» **AIM OF THE TASK**
Count up the lines below in which the string "Prelude" appears. The reply should be that number alone.

» **DATA RECORDS**
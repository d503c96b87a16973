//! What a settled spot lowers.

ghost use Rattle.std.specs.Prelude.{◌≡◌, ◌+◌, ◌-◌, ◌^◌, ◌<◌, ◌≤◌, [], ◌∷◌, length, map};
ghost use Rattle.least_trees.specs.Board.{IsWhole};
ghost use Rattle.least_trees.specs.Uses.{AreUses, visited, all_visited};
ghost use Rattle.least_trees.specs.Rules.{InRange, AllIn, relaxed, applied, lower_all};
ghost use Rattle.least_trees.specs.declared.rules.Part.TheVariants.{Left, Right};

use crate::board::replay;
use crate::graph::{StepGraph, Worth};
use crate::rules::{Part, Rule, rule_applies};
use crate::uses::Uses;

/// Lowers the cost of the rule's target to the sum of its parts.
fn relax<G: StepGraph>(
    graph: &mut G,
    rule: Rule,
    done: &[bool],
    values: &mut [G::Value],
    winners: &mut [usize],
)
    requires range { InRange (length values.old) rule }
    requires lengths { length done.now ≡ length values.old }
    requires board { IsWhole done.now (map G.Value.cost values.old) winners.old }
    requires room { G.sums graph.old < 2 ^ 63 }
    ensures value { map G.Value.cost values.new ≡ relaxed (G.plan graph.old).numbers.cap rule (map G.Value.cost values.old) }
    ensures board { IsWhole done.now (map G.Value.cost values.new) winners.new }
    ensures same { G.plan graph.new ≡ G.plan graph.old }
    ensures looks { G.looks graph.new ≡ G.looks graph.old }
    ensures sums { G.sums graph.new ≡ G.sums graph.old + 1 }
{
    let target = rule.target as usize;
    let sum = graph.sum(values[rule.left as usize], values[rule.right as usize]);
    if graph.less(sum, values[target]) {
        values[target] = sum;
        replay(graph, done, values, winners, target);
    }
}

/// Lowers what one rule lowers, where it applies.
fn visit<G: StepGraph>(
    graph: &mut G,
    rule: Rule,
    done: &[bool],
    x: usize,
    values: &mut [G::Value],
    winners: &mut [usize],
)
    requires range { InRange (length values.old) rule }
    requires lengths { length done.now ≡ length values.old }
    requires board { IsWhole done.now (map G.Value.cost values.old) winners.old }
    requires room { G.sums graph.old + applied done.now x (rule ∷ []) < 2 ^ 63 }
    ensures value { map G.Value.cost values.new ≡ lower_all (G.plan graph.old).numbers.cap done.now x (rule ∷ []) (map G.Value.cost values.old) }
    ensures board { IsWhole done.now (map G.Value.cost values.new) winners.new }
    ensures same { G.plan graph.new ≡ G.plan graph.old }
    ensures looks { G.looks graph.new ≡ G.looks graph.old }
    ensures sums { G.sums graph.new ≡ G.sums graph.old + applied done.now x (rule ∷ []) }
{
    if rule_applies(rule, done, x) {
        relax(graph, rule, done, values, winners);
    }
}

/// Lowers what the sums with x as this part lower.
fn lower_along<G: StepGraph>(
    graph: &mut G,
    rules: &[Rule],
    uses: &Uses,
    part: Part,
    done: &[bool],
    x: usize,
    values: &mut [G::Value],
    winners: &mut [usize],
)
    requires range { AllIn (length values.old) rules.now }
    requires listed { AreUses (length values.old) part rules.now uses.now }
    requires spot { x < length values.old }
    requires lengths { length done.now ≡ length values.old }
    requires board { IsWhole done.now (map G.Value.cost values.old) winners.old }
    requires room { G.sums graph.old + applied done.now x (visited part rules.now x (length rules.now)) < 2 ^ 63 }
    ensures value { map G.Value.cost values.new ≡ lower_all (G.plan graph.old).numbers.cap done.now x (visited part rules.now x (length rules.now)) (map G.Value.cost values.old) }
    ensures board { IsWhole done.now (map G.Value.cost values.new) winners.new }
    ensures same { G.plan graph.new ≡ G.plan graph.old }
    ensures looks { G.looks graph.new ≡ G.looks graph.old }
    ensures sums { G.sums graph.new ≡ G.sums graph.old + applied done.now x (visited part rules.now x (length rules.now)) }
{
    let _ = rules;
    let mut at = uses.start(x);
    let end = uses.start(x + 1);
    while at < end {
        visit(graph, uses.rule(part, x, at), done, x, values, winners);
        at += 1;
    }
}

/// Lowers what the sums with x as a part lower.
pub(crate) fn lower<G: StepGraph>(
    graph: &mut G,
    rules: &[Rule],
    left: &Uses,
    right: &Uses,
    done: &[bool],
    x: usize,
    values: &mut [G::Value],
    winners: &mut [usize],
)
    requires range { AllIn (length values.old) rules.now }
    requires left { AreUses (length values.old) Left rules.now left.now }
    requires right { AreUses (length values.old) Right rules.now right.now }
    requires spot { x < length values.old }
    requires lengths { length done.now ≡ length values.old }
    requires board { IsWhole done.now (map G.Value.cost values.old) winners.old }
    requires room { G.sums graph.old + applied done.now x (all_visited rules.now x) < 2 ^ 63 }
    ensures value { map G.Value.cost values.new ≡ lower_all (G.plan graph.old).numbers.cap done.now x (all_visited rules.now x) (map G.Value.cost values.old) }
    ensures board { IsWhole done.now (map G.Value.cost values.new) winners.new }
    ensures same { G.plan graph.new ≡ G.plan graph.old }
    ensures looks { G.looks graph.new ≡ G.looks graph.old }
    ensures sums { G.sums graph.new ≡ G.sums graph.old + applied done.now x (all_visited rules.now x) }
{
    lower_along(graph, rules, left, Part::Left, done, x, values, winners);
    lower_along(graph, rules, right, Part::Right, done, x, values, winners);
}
...
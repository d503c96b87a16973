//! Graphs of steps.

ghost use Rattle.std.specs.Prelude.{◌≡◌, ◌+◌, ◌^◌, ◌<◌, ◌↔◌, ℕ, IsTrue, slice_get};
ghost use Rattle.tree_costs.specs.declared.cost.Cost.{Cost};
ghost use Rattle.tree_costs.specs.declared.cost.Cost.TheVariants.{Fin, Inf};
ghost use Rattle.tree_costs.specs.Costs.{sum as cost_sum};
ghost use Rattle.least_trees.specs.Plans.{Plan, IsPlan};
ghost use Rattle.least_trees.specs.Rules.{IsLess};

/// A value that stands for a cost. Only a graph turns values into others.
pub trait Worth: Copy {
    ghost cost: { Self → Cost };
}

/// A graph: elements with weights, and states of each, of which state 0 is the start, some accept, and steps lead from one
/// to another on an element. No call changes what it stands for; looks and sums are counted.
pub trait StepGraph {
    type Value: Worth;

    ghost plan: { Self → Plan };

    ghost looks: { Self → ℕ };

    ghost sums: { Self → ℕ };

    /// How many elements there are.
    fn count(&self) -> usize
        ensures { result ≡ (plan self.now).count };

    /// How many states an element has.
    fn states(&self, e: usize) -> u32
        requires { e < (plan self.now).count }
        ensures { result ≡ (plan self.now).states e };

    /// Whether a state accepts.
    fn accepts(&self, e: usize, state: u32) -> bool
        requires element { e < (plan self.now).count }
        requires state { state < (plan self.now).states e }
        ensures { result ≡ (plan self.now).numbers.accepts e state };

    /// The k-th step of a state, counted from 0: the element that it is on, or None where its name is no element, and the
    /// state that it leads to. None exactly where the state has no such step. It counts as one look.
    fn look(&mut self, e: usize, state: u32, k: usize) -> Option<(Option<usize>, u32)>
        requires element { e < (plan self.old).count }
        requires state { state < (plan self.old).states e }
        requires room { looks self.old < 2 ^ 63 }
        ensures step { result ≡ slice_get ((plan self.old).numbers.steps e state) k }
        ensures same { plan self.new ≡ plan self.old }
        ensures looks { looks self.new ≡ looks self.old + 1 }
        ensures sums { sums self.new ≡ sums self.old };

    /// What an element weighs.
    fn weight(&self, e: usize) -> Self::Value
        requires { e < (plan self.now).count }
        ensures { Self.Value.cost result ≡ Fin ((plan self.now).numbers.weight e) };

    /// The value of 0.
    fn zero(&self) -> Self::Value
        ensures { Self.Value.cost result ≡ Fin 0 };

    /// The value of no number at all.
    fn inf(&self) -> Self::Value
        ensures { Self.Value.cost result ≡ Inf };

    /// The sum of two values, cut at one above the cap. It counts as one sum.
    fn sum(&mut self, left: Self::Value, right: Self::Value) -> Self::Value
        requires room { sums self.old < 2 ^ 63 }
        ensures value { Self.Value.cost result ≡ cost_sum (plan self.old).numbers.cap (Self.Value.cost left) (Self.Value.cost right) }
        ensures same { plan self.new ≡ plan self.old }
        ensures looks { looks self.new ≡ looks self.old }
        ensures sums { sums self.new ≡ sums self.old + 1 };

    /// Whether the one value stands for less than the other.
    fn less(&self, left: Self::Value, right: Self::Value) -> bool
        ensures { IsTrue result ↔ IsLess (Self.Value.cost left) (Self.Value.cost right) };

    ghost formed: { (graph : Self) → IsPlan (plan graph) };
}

» **EXPECTED ANSWER**
2